[What the exercise asks]: If a line in the listing below has the string "else", copy it out.
[[ Study material, beginning ]]
// The dialogue from a source to a sink: what comes is read as it comes, and each answer is put at once.

ghost use Rattle.base_limits.specs.Limits.{most_budget};
ghost use Rattle.job_dialogue.specs.Talks.{BreaksIn, BreaksLast, Finishes, IsAnswered, IsAnsweredUpTo, Listens, status_of};
ghost use Rattle.job_dialogue.specs.declared.stops.Stop.{Stop};
ghost use Rattle.prover_io.specs.Outside.{Rose};
ghost use Rattle.std.specs.Prelude.{◌≡◌, ◌≢◌, ◌⊎◌, ◌≤◌, ◌<◌, IfErr, IfOk, IsErrOf, IsSome, OnOk, false, length, true};

use crate::pieces::has_token;
use crate::stops::Stop;
use crate::talks::{Talk, first_talk, hear, tell};
use base_answers::status::{NO_MEMORY, SINK_FAILED, SOURCE_FAILED, VALID};
use base_watch::Watch;
use prover_io::{Sink, Source};
use std::alloc::Global;

/// How many bytes are read at once, at most.
const PIECE: usize = 65_536;

/// What comes of a read: the dialogue after it, and whether the input is at its end.
#[derive(Drop)]
struct Heard {
    talk: Talk,
    at_end: bool,
}

/// Holds the dialogue over what is left of the input that is begun, each check within this budget: each command is answered as soon as it
/// is read, until the input ends or an `exit` comes. Answers the exit status: 0; 6, 7 or 8 where the source failed, the sink failed, or
/// memory was wanting.
pub fn converse<S: Source, K: Sink, X: Watch>(
    alloc: Global,
    source: &mut S,
    sink: &mut K,
    budget: u64,
    watch: &mut X,
) -> u8
    requires begun { IsSome (S.at source.old) }
    requires unbroken { S.broken source.old ≡ false }
    requires budget { budget ≤ most_budget }
    ensures answered { result ≡ 0 → IsAnswered budget (S.left source.old) (K.taken sink.old) (K.taken sink.new) }
    ensures front { (e : Stop) → result ≡ status_of e → IsAnsweredUpTo budget e (S.left source.old) (K.taken sink.old) (K.taken sink.new) }
    ensures status { (result ≡ 0) ⊎ ((result ≡ 6) ⊎ ((result ≡ 7) ⊎ (result ≡ 8))) }
    ensures source_failed { result ≡ 6 → Rose (S.faults source.old) (S.faults source.new) }
    ensures sink_failed { result ≡ 7 → Rose (K.faults sink.old) (K.faults sink.new) }
{
    match talk_on(alloc, source, sink, budget, watch) {
        Ok(()) => VALID,
        Err(Stop::Source) => SOURCE_FAILED,
        Err(Stop::Sink) => SINK_FAILED,
        Err(Stop::Memory) => NO_MEMORY,
    }
}

/// Holds the dialogue over what is left of the input.
fn talk_on<S: Source, K: Sink, X: Watch>(
    alloc: Global,
    source: &mut S,
    sink: &mut K,
    budget: u64,
    watch: &mut X,
) -> Result<(), Stop>
    requires begun { IsSome (S.at source.old) }
    requires unbroken { S.broken source.old ≡ false }
    requires budget { budget ≤ most_budget }
    ensures answered { OnOk result (IsAnswered budget (S.left source.old) (K.taken sink.old) (K.taken sink.new)) }
    ensures breaks { IfErr result (λ e. IsAnsweredUpTo budget e (S.left source.old) (K.taken sink.old) (K.taken sink.new)) }
    ensures source_failed { IsErrOf result Stop.Source → Rose (S.faults source.old) (S.faults source.new) }
    ensures sink_failed { IsErrOf result Stop.Sink → Rose (K.faults sink.old) (K.faults sink.new) }
{
    let Ok(mut buffer) = vec![in alloc; 0u8; PIECE] else {
        return Err(Stop::Memory);
    };
    let mut talk = first_talk(alloc);
    'reads: for _ in 0..u64::MAX {
        let heard = match listen(alloc, talk, source, &mut buffer, sink, budget, watch) {
            Ok(heard) => heard,
            Err(stop) => return Err(stop),
        };
        talk = heard.talk;
        if heard.at_end {
            return finish(alloc, talk, sink, budget, watch);
        }
        if talk.dialogue.ended {
            return Ok(());
        }
    }
    Err(Stop::Memory)
}

/// Reads what comes next, and hears it.
fn listen<S: Source, K: Sink, X: Watch>(
    alloc: Global,
    talk: Talk,
    source: &mut S,
    buffer: &mut [u8],
    sink: &mut K,
    budget: u64,
    watch: &mut X,
) -> Result<Heard, Stop>
    requires begun { IsSome (S.at source.old) }
    requires unbroken { S.broken source.old ≡ false }
    requires room { 0 < length buffer.old }
    requires budget { budget ≤ most_budget }
    requires goes_on { talk.dialogue.ended ≡ false }
    ensures heard { IfOk result (λ r. Listens budget talk r.talk r.at_end (S.left source.old) (S.left source.new) (K.taken sink.old) (K.taken sink.new)) }
    ensures goes_on { IfOk result (λ r. r.at_end ≡ true → r.talk.dialogue.ended ≡ false) }
    ensures breaks { IfErr result (λ e. BreaksIn budget talk e (S.left source.old) (K.taken sink.old) (K.taken sink.new)) }
    ensures named { S.at source.new ≡ S.at source.old }
    ensures unbroken { OnOk result (S.broken source.new ≡ false) }
    ensures source_failed { IsErrOf result Stop.Source → Rose (S.faults source.old) (S.faults source.new) }
    ensures sink_failed { IsErrOf result Stop.Sink → Rose (K.faults sink.old) (K.faults sink.new) }
    ensures source_later { S.faults source.old ≤ S.faults source.new }
    ensures later { K.faults sink.old ≤ K.faults sink.new }
{
    let Ok(count) = source.read(buffer) else {
        return Err(Stop::Source);
    };
    if count == 0 {
        return Ok(Heard { talk, at_end: true });
    }
    match hear(alloc, talk, &buffer[..count], sink, budget, watch) {
        Ok(talk) => Ok(Heard {
            talk,
            at_end: false,
        }),
        Err(stop) => Err(stop),
    }
}

/// Answers what is left at the end of the input, where it has a token.
fn finish<K: Sink, X: Watch>(
    alloc: Global,
    talk: Talk,
    sink: &mut K,
    budget: u64,
    watch: &mut X,
) -> Result<(), Stop>
    requires budget { budget ≤ most_budget }
    requires goes_on { talk.dialogue.ended ≡ false }
    ensures finished { OnOk result (Finishes budget talk (K.taken sink.old) (K.taken sink.new)) }
    ensures breaks { IfErr result (λ e. BreaksLast budget talk e (K.taken sink.old) (K.taken sink.new)) }
    ensures sink_failed { IsErrOf result Stop.Sink → Rose (K.faults sink.old) (K.faults sink.new) }
    ensures source { ¬ (IsErrOf result Stop.Source) }
{
    let Talk {
        dialogue,
        rest,
        scan: _,
    } = talk;
    let Ok(is_more) = has_token(alloc, rest.as_slice()) else {
        return Err(Stop::Memory);
    };
    if !is_more {
        return Ok(());
    }
    match tell(alloc, dialogue, rest.as_slice(), sink, budget, watch) {
        Ok(_) => Ok(()),
        Err(stop) => Err(stop),
    }
}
[[ Study material, end ]]
[Solution]:
    let Ok(mut buffer) = vec![in alloc; 0u8; PIECE] else {
    let Ok(count) = source.read(buffer) else {
    let Ok(is_more) = has_token(alloc, rest.as_slice()) else {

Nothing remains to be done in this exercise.